Bernard-Henri Lévy à propos de Hegel

« On n’insistera jamais assez sur l’extraordinaire rayonnement des cours [sur Hegel] d’Alexandre Koyré, en 1933-1934, à la section des Sciences religieuses de l’École pratique des Hautes Études, puis, à partir de l’année suivante, ceux d’Alexandre Kojève s’emparant, lui, carrément, de la Phénoménologie et la commentant, six années durant, paragraphe après paragraphe, ligne à ligne – tous deux, surtout Kojève, acclimatant ainsi, face à un public sidéré, le thème hégélien si étrange, si déroutant et, avec son parfum d’apocalypse sèche, si profondément effrayant, de “la fin de l’Histoire”.

Hegel n’a jamais parlé, vraiment, de “fin de l’Histoire” ?

Koyré, quoi qu’en dise Kojève, évoque l’hypothèse, mais justement comme une hypothèse : “Il est possible (il répète, plusieurs fois, “possible”) que Hegel l’ait cru ; “il se peut” (il insiste sur le “il se peut”) qu’il ait pensé, non seulement que “c’était la condition essentielle du système”, mais “que cette condition essentielle était déjà réalisée”, que “l’histoire était effectivement achevée…”
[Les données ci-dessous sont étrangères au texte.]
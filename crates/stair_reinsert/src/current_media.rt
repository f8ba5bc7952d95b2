//! Why a stale medium is never taken for a live one.

ghost use Rattle.std.specs.Prelude.{◌≡◌, ◌≤◌, ℕ, List, None, Some};
ghost use Rattle.stair_rack.specs.Answers.{Ran};
ghost use Rattle.stair_rack.specs.History.{Happening};
ghost use Rattle.stair_rack.specs.Media.{Image};
ghost use Rattle.stair_super.specs.Superblock.{Superblock};
ghost use Rattle.stair_member.specs.Counting.{AllBut};
ghost use Rattle.stair_member.specs.Current.{IsCurrent, IsLive, Serves};
ghost use Rattle.stair_state.specs.Holding.{CurrentMedia, IsConsistentBy, IsConsistentSince, IsCurrentMedium, OfAdmitted};
ghost use Rattle.stair_state.specs.Reassembly.{IsBorne, IsConsistent, IsReassembly, Location};
ghost use Rattle.stair_state.specs.Represents.{Encodings, no_write};
ghost use Rattle.stair_state.specs.State.{State, without_seats};
ghost use Rattle.stair_state.specs.Tolerance.{IsToleratedAlone};
ghost use Rattle.stair_reinsert.specs.Together.{HasOneMedium};

/// Images that are consistent by the holders of their chunks, however their media lie. It does nothing.
pub fn current_medium_laws()
    // such an image is consistent: each reassembly within tolerance represents the state, epochs and joined numbers agree, and
    // every epoch was drawn on a slot that serves
    ensures consistent { (s : State) (encodings : Encodings s) (current_media : CurrentMedia) (since : ℕ)
        (image : Image) → IsConsistentBy s encodings current_media since image →
        IsConsistent s encodings image }
    // no epoch before the one that stands is current, whatever media are put together
    ensures recent { (s : State) (encodings : Encodings s) (current_media : CurrentMedia) (since : ℕ)
        (image to : Image) (current : Superblock) →
        IsConsistentBy s encodings current_media since image → IsReassembly image to →
        IsToleratedAlone s.geometry to → IsCurrent s.geometry to current →
        since ≤ current.array.epoch }
    // and a slot is live only with its holder
    ensures live { (s : State) (encodings : Encodings s) (current_media : CurrentMedia) (since : ℕ)
        (image to : Image) (current : Superblock) (j : ℕ) →
        IsConsistentBy s encodings current_media since image → IsReassembly image to →
        IsToleratedAlone s.geometry to → IsCurrent s.geometry to current →
        IsLive s.geometry to current j → IsCurrentMedium s.geometry current_media j ((to j).cell) }
    // where all holders but m have reached an epoch, wherever they lie, no earlier one is current
    ensures none_earlier { (s : State) (encodings : Encodings s) (current_media : CurrentMedia)
        (since epoch : ℕ) (image to : Image) (current : Superblock) →
        IsConsistentBy s encodings current_media since image →
        AllBut s.geometry.n s.geometry.m (λ j. (joined : ℕ) → current_media j ≡ Some joined →
        OfAdmitted s.geometry image joined (λ x. epoch ≤ x.array.epoch) j) →
        IsReassembly image to → IsToleratedAlone s.geometry to →
        IsCurrent s.geometry to current → epoch ≤ current.array.epoch }
    // whatever the outside does, media put back too, and calls that write nothing leave a rack so, by the same holders, since
    // the same epoch, marks and joined numbers aside
    ensures kept { (s : State) (current_media : CurrentMedia) (since : ℕ) (old new : List Happening) →
        IsConsistentSince s current_media since old → Ran no_write old new →
        IsConsistentSince (without_seats s) current_media since new }
{}

/// Two reassemblies of one consistent image, each within tolerance. It does nothing.
pub fn together_laws()
    // Where each slot that serves in one of them has the epoch that is current in it, and no medium of the image has a greater
    // one, that epoch is current in the other.
    ensures current { (s : State) (encodings : Encodings s) (image a b : Image)
        (first second : Superblock) → IsConsistent s encodings image → IsReassembly image a →
        IsReassembly image b → IsToleratedAlone s.geometry a → IsToleratedAlone s.geometry b →
        IsCurrent s.geometry a first → IsCurrent s.geometry b second →
        ((j : ℕ) (serves : Serves (λ k. (a k).size ≡ None) s.geometry a first j) →
        serves.live.super.array.epoch ≡ first.array.epoch) →
        ((j : ℕ) (place : Location) (x : Superblock) → IsBorne s.geometry image j place x →
        x.array.epoch ≤ first.array.epoch) →
        second.array.epoch ≡ first.array.epoch }
    // a slot that is live in both has one medium in both
    ensures live { (s : State) (encodings : Encodings s) (image a b : Image)
        (first second : Superblock) (j : ℕ) → IsConsistent s encodings image →
        IsReassembly image a → IsReassembly image b → IsToleratedAlone s.geometry a →
        IsToleratedAlone s.geometry b → IsCurrent s.geometry a first →
        IsCurrent s.geometry b second → IsLive s.geometry a first j →
        IsLive s.geometry b second j → HasOneMedium image a b j }
{}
Les rares occurrences de la formule chez Hegel lui-même se trouvent soit dans La Raison dans l’Histoire (“L’histoire mondiale va de l’Est à l’Ouest, car l’Europe est véritablement le terme de cette histoire et l’Asie son commencement”), soit dans les Leçons sur la philosophie de l’histoire mondiale (“Le principe s’est accompli et, par suite, la fin des temps est advenue”), c’est-à-dire dans des textes qui, nous le savons, furent composés à partir de notes d’étudiants. »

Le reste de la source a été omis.